Can South Korea successfully ‘green’ growth?
Korea finds itself in an enviable position compared to many other OECD countries: among the population climate change is a widely agreed upon reality, and the need to act in effective and targeted ways is broadly accepted and fought for by citizen activist groups. Like in many rich countries, most notably the United States and Australia, the need to de-politicise climate change debate remains a pressing issue, however in Korea disinformation about climate change and its effects has not stalled political action as much as elsewhere. Even amid a change of government, something that in other countries has precipitated drastic changes in environmental policy, it appears likely that Korea will stay on track to meet its target of net zero emissions by 2050 even though President Yoon plans to reach this goal in a different fashion to his predecessor.
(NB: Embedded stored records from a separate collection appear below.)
// Demand 3 of the session's calls over bytes, which are those that C has: the member's state is a buffer, and every step is one of the calls. The
// statements stand in specs/Demand3Calls.antt.
#![tactic(auto)]
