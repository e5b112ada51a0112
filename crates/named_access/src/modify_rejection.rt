// The fields of User Modify Rejected by their numbers, which they have in their order, from 0.
use crate::values::{give, take};
use order_fields::modify_rejection;
use orders::Record;

// A field's value into the front of a buffer of zeros, where it is selected.
pub fn get(field: u32, r: Record, value: &mut [u8]) -> bool {
    match field {
        0 => give(modify_rejection::transaction_time(r), value),
        1 => give(modify_rejection::cl_ord_id(r), value),
        2 => give(modify_rejection::modify_reject_reason(r), value),
        3 => give(modify_rejection::text(r), value),
        _ => false,
    }
}

// The record with a field set.
pub fn set(field: u32, value: [u8; 64], r: Record) -> Record {
    match field {
        0 => modify_rejection::with_transaction_time(r, take(value)),
        1 => modify_rejection::with_cl_ord_id(r, take(value)),
        2 => modify_rejection::with_modify_reject_reason(r, take(value)),
        3 => modify_rejection::with_text(r, take(value)),
        _ => r,
    }
}
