// The fields of Modify Order by their numbers, which they have in their order, from 0.
use crate::values::{give, take};
use order_fields::modify_order;
use orders::Record;

// A field's value into the front of a buffer of zeros, where it is selected.
pub fn get(field: u32, r: Record, value: &mut [u8]) -> bool {
    match field {
        0 => give(modify_order::cl_ord_id(r), value),
        1 => give(modify_order::orig_cl_ord_id(r), value),
        2 => give(modify_order::clearing_firm(r), value),
        3 => give(modify_order::order_qty(r), value),
        4 => give(modify_order::price(r), value),
        5 => give(modify_order::ord_type(r), value),
        6 => give(modify_order::cancel_orig_on_reject(r), value),
        7 => give(modify_order::exec_inst(r), value),
        8 => give(modify_order::side(r), value),
        9 => give(modify_order::max_floor(r), value),
        10 => give(modify_order::stop_px(r), value),
        11 => give(modify_order::locate_broker(r), value),
        _ => false,
    }
}

// The record with a field set.
pub fn set(field: u32, value: [u8; 64], r: Record) -> Record {
    match field {
        0 => modify_order::with_cl_ord_id(r, take(value)),
        1 => modify_order::with_orig_cl_ord_id(r, take(value)),
        2 => modify_order::with_clearing_firm(r, take(value)),
        3 => modify_order::with_order_qty(r, take(value)),
        4 => modify_order::with_price(r, take(value)),
        5 => modify_order::with_ord_type(r, take(value)),
        6 => modify_order::with_cancel_orig_on_reject(r, take(value)),
        7 => modify_order::with_exec_inst(r, take(value)),
        8 => modify_order::with_side(r, take(value)),
        9 => modify_order::with_max_floor(r, take(value)),
        10 => modify_order::with_stop_px(r, take(value)),
        11 => modify_order::with_locate_broker(r, take(value)),
        _ => r,
    }
}
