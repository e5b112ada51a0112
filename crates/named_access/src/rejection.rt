// The fields of Order Rejected by their numbers, which they have in their order, from 0.
use crate::values::{give, take};
use order_fields::rejection;
use orders::Record;

// A field's value into the front of a buffer of zeros, where it is selected.
pub fn get(field: u32, r: Record, value: &mut [u8]) -> bool {
    match field {
        0 => give(rejection::transaction_time(r), value),
        1 => give(rejection::cl_ord_id(r), value),
        2 => give(rejection::order_reject_reason(r), value),
        3 => give(rejection::text(r), value),
        4 => give(rejection::side(r), value),
        5 => give(rejection::peg_difference(r), value),
        6 => give(rejection::price(r), value),
        7 => give(rejection::exec_inst(r), value),
        8 => give(rejection::ord_type(r), value),
        9 => give(rejection::time_in_force(r), value),
        10 => give(rejection::min_qty(r), value),
        11 => give(rejection::symbol(r), value),
        12 => give(rejection::symbol_sfx(r), value),
        13 => give(rejection::capacity(r), value),
        14 => give(rejection::account(r), value),
        15 => give(rejection::clearing_firm(r), value),
        16 => give(rejection::clearing_account(r), value),
        17 => give(rejection::display_indicator(r), value),
        18 => give(rejection::max_floor(r), value),
        19 => give(rejection::discretion_amount(r), value),
        20 => give(rejection::order_qty(r), value),
        21 => give(rejection::prevent_match(r), value),
        22 => give(rejection::secondary_order_id(r), value),
        23 => give(rejection::attributed_quote(r), value),
        24 => give(rejection::ext_exec_inst(r), value),
        25 => give(rejection::echo_text(r), value),
        26 => give(rejection::stop_px(r), value),
        27 => give(rejection::routing_inst(r), value),
        28 => give(rejection::rout_strategy(r), value),
        29 => give(rejection::route_delivery_method(r), value),
        30 => give(rejection::ex_destination(r), value),
        _ => false,
    }
}

// The record with a field set.
pub fn set(field: u32, value: [u8; 64], r: Record) -> Record {
    match field {
        0 => rejection::with_transaction_time(r, take(value)),
        1 => rejection::with_cl_ord_id(r, take(value)),
        2 => rejection::with_order_reject_reason(r, take(value)),
        3 => rejection::with_text(r, take(value)),
        4 => rejection::with_side(r, take(value)),
        5 => rejection::with_peg_difference(r, take(value)),
        6 => rejection::with_price(r, take(value)),
        7 => rejection::with_exec_inst(r, take(value)),
        8 => rejection::with_ord_type(r, take(value)),
        9 => rejection::with_time_in_force(r, take(value)),
        10 => rejection::with_min_qty(r, take(value)),
        11 => rejection::with_symbol(r, take(value)),
        12 => rejection::with_symbol_sfx(r, take(value)),
        13 => rejection::with_capacity(r, take(value)),
        14 => rejection::with_account(r, take(value)),
        15 => rejection::with_clearing_firm(r, take(value)),
        16 => rejection::with_clearing_account(r, take(value)),
        17 => rejection::with_display_indicator(r, take(value)),
        18 => rejection::with_max_floor(r, take(value)),
        19 => rejection::with_discretion_amount(r, take(value)),
        20 => rejection::with_order_qty(r, take(value)),
        21 => rejection::with_prevent_match(r, take(value)),
        22 => rejection::with_secondary_order_id(r, take(value)),
        23 => rejection::with_attributed_quote(r, take(value)),
        24 => rejection::with_ext_exec_inst(r, take(value)),
        25 => rejection::with_echo_text(r, take(value)),
        26 => rejection::with_stop_px(r, take(value)),
        27 => rejection::with_routing_inst(r, take(value)),
        28 => rejection::with_rout_strategy(r, take(value)),
        29 => rejection::with_route_delivery_method(r, take(value)),
        30 => rejection::with_ex_destination(r, take(value)),
        _ => r,
    }
}
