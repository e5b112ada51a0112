// The fields of the options New Order by their numbers, which they have in their order, from 0.
use crate::values::{give, take};
use order_fields::options_order;
use orders::Record;

// A field's value into the front of a buffer of zeros, where it is selected.
pub fn get(field: u32, r: Record, value: &mut [u8]) -> bool {
    match field {
        0 => give(options_order::cl_ord_id(r), value),
        1 => give(options_order::side(r), value),
        2 => give(options_order::order_qty(r), value),
        3 => give(options_order::clearing_firm(r), value),
        4 => give(options_order::clearing_account(r), value),
        5 => give(options_order::price(r), value),
        6 => give(options_order::exec_inst(r), value),
        7 => give(options_order::ord_type(r), value),
        8 => give(options_order::time_in_force(r), value),
        9 => give(options_order::min_qty(r), value),
        10 => give(options_order::max_floor(r), value),
        11 => give(options_order::symbol(r), value),
        12 => give(options_order::capacity(r), value),
        13 => give(options_order::routing_inst(r), value),
        14 => give(options_order::account(r), value),
        15 => give(options_order::maturity_date(r), value),
        16 => give(options_order::strike_price(r), value),
        17 => give(options_order::put_or_call(r), value),
        18 => give(options_order::open_close(r), value),
        _ => false,
    }
}

// The record with a field set.
pub fn set(field: u32, value: [u8; 64], r: Record) -> Record {
    match field {
        0 => options_order::with_cl_ord_id(r, take(value)),
        1 => options_order::with_side(r, take(value)),
        2 => options_order::with_order_qty(r, take(value)),
        3 => options_order::with_clearing_firm(r, take(value)),
        4 => options_order::with_clearing_account(r, take(value)),
        5 => options_order::with_price(r, take(value)),
        6 => options_order::with_exec_inst(r, take(value)),
        7 => options_order::with_ord_type(r, take(value)),
        8 => options_order::with_time_in_force(r, take(value)),
        9 => options_order::with_min_qty(r, take(value)),
        10 => options_order::with_max_floor(r, take(value)),
        11 => options_order::with_symbol(r, take(value)),
        12 => options_order::with_capacity(r, take(value)),
        13 => options_order::with_routing_inst(r, take(value)),
        14 => options_order::with_account(r, take(value)),
        15 => options_order::with_maturity_date(r, take(value)),
        16 => options_order::with_strike_price(r, take(value)),
        17 => options_order::with_put_or_call(r, take(value)),
        18 => options_order::with_open_close(r, take(value)),
        _ => r,
    }
}
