// A field's value as 64 bytes, the lowest of a number first, with zeros after them; and from such bytes.
ghost use Rattle.std.specs.Prelude.{◌≤◌};

use numbers::values::Value;

// The bytes of a field that is selected, into the front of a buffer that has room for them.
pub fn give<T: Value<N>, const N: usize>(field: Option<T>, value: &mut [u8]) -> bool
    requires { N ≤ 64 }
{
    let Some(held) = field else {
        return false;
    };
    crate::fill(&held.bytes(), value);
    true
}

// The value that the first bytes are.
pub fn take<T: Value<N>, const N: usize>(bytes: [u8; 64]) -> T
    requires { N ≤ 64 }
{
    T::read(&bytes, 0)
}
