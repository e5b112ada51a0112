// The fields of Cancel Rejected by their numbers, which they have in their order, from 0.
use crate::values::{give, take};
use order_fields::cancel_rejection;
use orders::Record;

// A field's value into the front of a buffer of zeros, where it is selected.
pub fn get(field: u32, r: Record, value: &mut [u8]) -> bool {
    match field {
        0 => give(cancel_rejection::transaction_time(r), value),
        1 => give(cancel_rejection::cl_ord_id(r), value),
        2 => give(cancel_rejection::cancel_reject_reason(r), value),
        3 => give(cancel_rejection::text(r), value),
        4 => give(cancel_rejection::side(r), value),
        5 => give(cancel_rejection::peg_difference(r), value),
        6 => give(cancel_rejection::price(r), value),
        7 => give(cancel_rejection::exec_inst(r), value),
        8 => give(cancel_rejection::ord_type(r), value),
        9 => give(cancel_rejection::time_in_force(r), value),
        10 => give(cancel_rejection::min_qty(r), value),
        11 => give(cancel_rejection::symbol(r), value),
        12 => give(cancel_rejection::symbol_sfx(r), value),
        13 => give(cancel_rejection::capacity(r), value),
        14 => give(cancel_rejection::echo_text(r), value),
        15 => give(cancel_rejection::stop_px(r), value),
        _ => false,
    }
}

// The record with a field set.
pub fn set(field: u32, value: [u8; 64], r: Record) -> Record {
    match field {
        0 => cancel_rejection::with_transaction_time(r, take(value)),
        1 => cancel_rejection::with_cl_ord_id(r, take(value)),
        2 => cancel_rejection::with_cancel_reject_reason(r, take(value)),
        3 => cancel_rejection::with_text(r, take(value)),
        4 => cancel_rejection::with_side(r, take(value)),
        5 => cancel_rejection::with_peg_difference(r, take(value)),
        6 => cancel_rejection::with_price(r, take(value)),
        7 => cancel_rejection::with_exec_inst(r, take(value)),
        8 => cancel_rejection::with_ord_type(r, take(value)),
        9 => cancel_rejection::with_time_in_force(r, take(value)),
        10 => cancel_rejection::with_min_qty(r, take(value)),
        11 => cancel_rejection::with_symbol(r, take(value)),
        12 => cancel_rejection::with_symbol_sfx(r, take(value)),
        13 => cancel_rejection::with_capacity(r, take(value)),
        14 => cancel_rejection::with_echo_text(r, take(value)),
        15 => cancel_rejection::with_stop_px(r, take(value)),
        _ => r,
    }
}
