// The fields of Login Response by their numbers, which they have in their order, from 0.
use crate::values::{give, take};
use session_fields::login_response;
use session_messages::Record;
use table::OutgoingNumber;

// A field's value into the front of a buffer of zeros, where it is selected.
pub fn get(field: u32, r: Record, value: &mut [u8]) -> bool {
    match field {
        0 => give(login_response::status(r), value),
        1 => give(login_response::text(r), value),
        2 => give(login_response::flag(r), value),
        3 => give(login_response::last_received(r).map(|n| n.0), value),
        4 => give(login_response::unit_count(r), value),
        _ => false,
    }
}

// The record with a field set.
pub fn set(field: u32, value: [u8; 64], r: Record) -> Record {
    match field {
        0 => login_response::with_status(r, take(value)),
        1 => login_response::with_text(r, take(value)),
        2 => login_response::with_flag(r, take(value)),
        3 => login_response::with_last_received(r, OutgoingNumber(take(value))),
        _ => r,
    }
}
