// The fields of Cancel Order by their numbers, which they have in their order, from 0.
use crate::values::{give, take};
use order_fields::cancel_order;
use orders::Record;

// A field's value into the front of a buffer of zeros, where it is selected.
pub fn get(field: u32, r: Record, value: &mut [u8]) -> bool {
    match field {
        0 => give(cancel_order::orig_cl_ord_id(r), value),
        1 => give(cancel_order::clearing_firm(r), value),
        _ => false,
    }
}

// The record with a field set.
pub fn set(field: u32, value: [u8; 64], r: Record) -> Record {
    match field {
        0 => cancel_order::with_orig_cl_ord_id(r, take(value)),
        1 => cancel_order::with_clearing_firm(r, take(value)),
        _ => r,
    }
}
Korea’s pioneering of green growth sets it apart from the world in leading the mission to reconcile the ever-conflicting goals of economic growth and environmental sustainability, a goal it has been working towards since the early 2000s. Attempts by the Korean government to ‘nationalise’ the narrative of climate change action by framing it as an opportunity for the nation should be studied closely by those aiming to effect climate policy change in countries marred by political polarisation. While climate change is undoubtedly a global problem, it is crucial that national governments lead the charge in reducing emissions. Korea’s approach to decarbonisation may not be perfect and environmental issues must still be addressed, but as the country’s rapid industrialisation period has shown, its people are no strangers to economic miracles in the face of steep challenges.